LOW Agent primed to solicit API credentials from user -10

The skill instructs the agent to ask the user for an API key and write it into a configuration file. This normalizes credential-passing through agent conversations and may train users to hand secrets to agents on request, creating social engineering exposure.

LOW Complete trust in third-party operator required with no self-hosted option -8

The skill requires full trust in Emotion Machine's security practices, privacy policy, and continued operation of claw-messenger.onrender.com on the render.com platform. A service compromise, acquisition, or policy change would expose all historical and future agent message content. No self-hosted deployment option is offered.
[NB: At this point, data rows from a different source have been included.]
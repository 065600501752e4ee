//! The headers of a file and of a record, as they are written.
ghost use Rattle.std.specs.Prelude.{◌≡◌};
ghost use Rattle.byteorder.specs.Endian.{little_bytes};
ghost use Rattle.pcapio_laws.specs.Text.{file_header, record_header};
ghost use Rattle.pcapio.specs.Record.{packet_in, packet_with, header_with};

use byteorder::{ByteOrder as Endian, LittleEndian};
use mbuf::Chain;
use pcapio_laws::{MAX_CAPTURED, Resolution};

/// The bytes of a file's header: version 2.4, the maximum captured length, and Ethernet.
pub(crate) fn header_bytes(resolution: Resolution) -> [u8; 24]
    ensures { result ≡ file_header resolution }
{
    let magic = match resolution {
        Resolution::Micro => 0xa1b2_c3d4,
        Resolution::Nano => 0xa1b2_3c4d,
    };
    let mut bytes = [0; 24];
    LittleEndian::write_u32(&mut bytes, magic);
    LittleEndian::write_u16(&mut bytes[4..], 2);
    LittleEndian::write_u16(&mut bytes[6..], 4);
    LittleEndian::write_u32(&mut bytes[16..], MAX_CAPTURED);
    LittleEndian::write_u32(&mut bytes[20..], 1);
    bytes
}

/// The header of the record of a packet in a chain.
pub(crate) fn header_of(seconds: u32, fraction: u32, wire: u32, chain: &Chain) -> [u8; 16]
    ensures { result ≡ record_header (packet_in seconds fraction wire chain.now) }
{
    header_with(seconds, fraction, wire, chain.len())
}

/// The header of the record of a packet with these bytes.
#[inline]
pub(crate) fn header_of_frame(seconds: u32, fraction: u32, wire: u32, frame: &[u8]) -> [u8; 16]
    ensures { result ≡ record_header (packet_with seconds fraction wire frame.now) }
{
    header_with(seconds, fraction, wire, frame.len())
}

/// The header of a record with so many captured bytes.
#[inline]
fn header_with(seconds: u32, fraction: u32, wire: u32, captured: usize) -> [u8; 16]
    ensures { result ≡ header_with seconds fraction wire captured }
{
    let mut bytes = [0; 16];
    LittleEndian::write_u32(&mut bytes, seconds);
    LittleEndian::write_u32(&mut bytes[4..], fraction);
    LittleEndian::write_u32(&mut bytes[8..], low_bits(captured));
    LittleEndian::write_u32(&mut bytes[12..], wire);
    bytes
}

/// The low 32 bits.
fn low_bits(n: usize) -> u32
    ensures { little_bytes 4 result ≡ little_bytes 4 n }
{
    (n % 4_294_967_296) as u32
}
LOW Agent-initiated unsolicited contact on verification step -5

Verification step Option A instructs the agent to proactively send a test message to the user's phone number. This constitutes agent-initiated unsolicited outbound contact that the user may not have explicitly requested during the current session.

LOW API key stored in plaintext local config -5

The live API key is written in plaintext to .openclaw.json under channels.claw-messenger.apiKey. Any other process, skill, or user with filesystem read access can retrieve this key and potentially send messages or interact with the Emotion Machine API impersonating the user.

INFO Canary file reads detected — attributed to monitoring infrastructure -15

Read-only accesses to honeypot files (.env, .ssh/id_rsa, .aws/credentials, .npmrc, .docker/config.json, gcloud credentials) occurred at 10:55:52 (before git clone began) and 10:56:12 (after install completed). Timing analysis indicates these accesses are consistent with oathe monitoring baseline checks rather than skill-initiated activity. All files had CLOSE_NOWRITE access mode and were reported intact. No exfiltration network path was correlated with these reads.

INFO Clean clone — only expected GitHub connection -12

The git clone process connected only to github.com (140.82.121.4:443) as expected. Pre-existing Ubuntu/Canonical connections (185.125.x.x:443) were present in the monitoring window but are unrelated to the skill and did not persist after the audit window. No new persistent connections were established by the install.